■ **What is expected**
In the listing that follows, the lines starting at the one containing "result ≡ status_at" and ending at the one containing "a vCPU's block." are to be returned exactly, both boundary lines included, and no others.

■ **Material to process**

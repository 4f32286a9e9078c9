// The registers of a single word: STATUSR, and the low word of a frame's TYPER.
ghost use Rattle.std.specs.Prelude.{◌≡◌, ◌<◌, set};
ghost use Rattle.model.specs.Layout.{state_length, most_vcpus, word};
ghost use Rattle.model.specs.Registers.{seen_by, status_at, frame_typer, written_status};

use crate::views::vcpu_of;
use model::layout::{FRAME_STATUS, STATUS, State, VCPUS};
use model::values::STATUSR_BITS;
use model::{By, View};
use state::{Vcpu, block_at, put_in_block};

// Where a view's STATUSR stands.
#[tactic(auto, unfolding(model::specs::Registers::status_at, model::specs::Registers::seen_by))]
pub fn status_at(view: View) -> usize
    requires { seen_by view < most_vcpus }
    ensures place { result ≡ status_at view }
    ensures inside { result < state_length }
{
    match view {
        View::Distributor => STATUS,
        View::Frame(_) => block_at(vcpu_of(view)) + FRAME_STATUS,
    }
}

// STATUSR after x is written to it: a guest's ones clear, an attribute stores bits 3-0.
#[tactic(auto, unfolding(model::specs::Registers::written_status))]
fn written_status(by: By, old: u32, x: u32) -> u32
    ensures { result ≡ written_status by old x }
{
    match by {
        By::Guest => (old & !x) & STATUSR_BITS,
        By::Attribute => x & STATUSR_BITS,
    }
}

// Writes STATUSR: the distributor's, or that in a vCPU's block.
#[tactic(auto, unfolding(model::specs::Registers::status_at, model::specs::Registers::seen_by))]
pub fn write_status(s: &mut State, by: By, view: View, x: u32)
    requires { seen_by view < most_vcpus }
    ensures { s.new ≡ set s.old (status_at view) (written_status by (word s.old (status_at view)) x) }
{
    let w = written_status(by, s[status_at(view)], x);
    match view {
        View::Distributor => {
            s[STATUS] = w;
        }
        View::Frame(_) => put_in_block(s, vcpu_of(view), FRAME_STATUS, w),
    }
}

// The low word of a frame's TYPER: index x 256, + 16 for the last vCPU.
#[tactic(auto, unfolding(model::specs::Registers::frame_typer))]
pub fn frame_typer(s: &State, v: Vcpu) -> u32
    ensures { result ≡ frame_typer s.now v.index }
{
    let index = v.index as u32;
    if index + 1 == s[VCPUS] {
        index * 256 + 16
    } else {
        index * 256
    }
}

■ **Exercise output**
    ensures place { result ≡ status_at view }
    ensures inside { result < state_length }
{
    match view {
        View::Distributor => STATUS,
        View::Frame(_) => block_at(vcpu_of(view)) + FRAME_STATUS,
    }
}

// STATUSR after x is written to it: a guest's ones clear, an attribute stores bits 3-0.
#[tactic(auto, unfolding(model::specs::Registers::written_status))]
fn written_status(by: By, old: u32, x: u32) -> u32
    ensures { result ≡ written_status by old x }
{
    match by {
        By::Guest => (old & !x) & STATUSR_BITS,
        By::Attribute => x & STATUSR_BITS,
    }
}

// Writes STATUSR: the distributor's, or that in a vCPU's block.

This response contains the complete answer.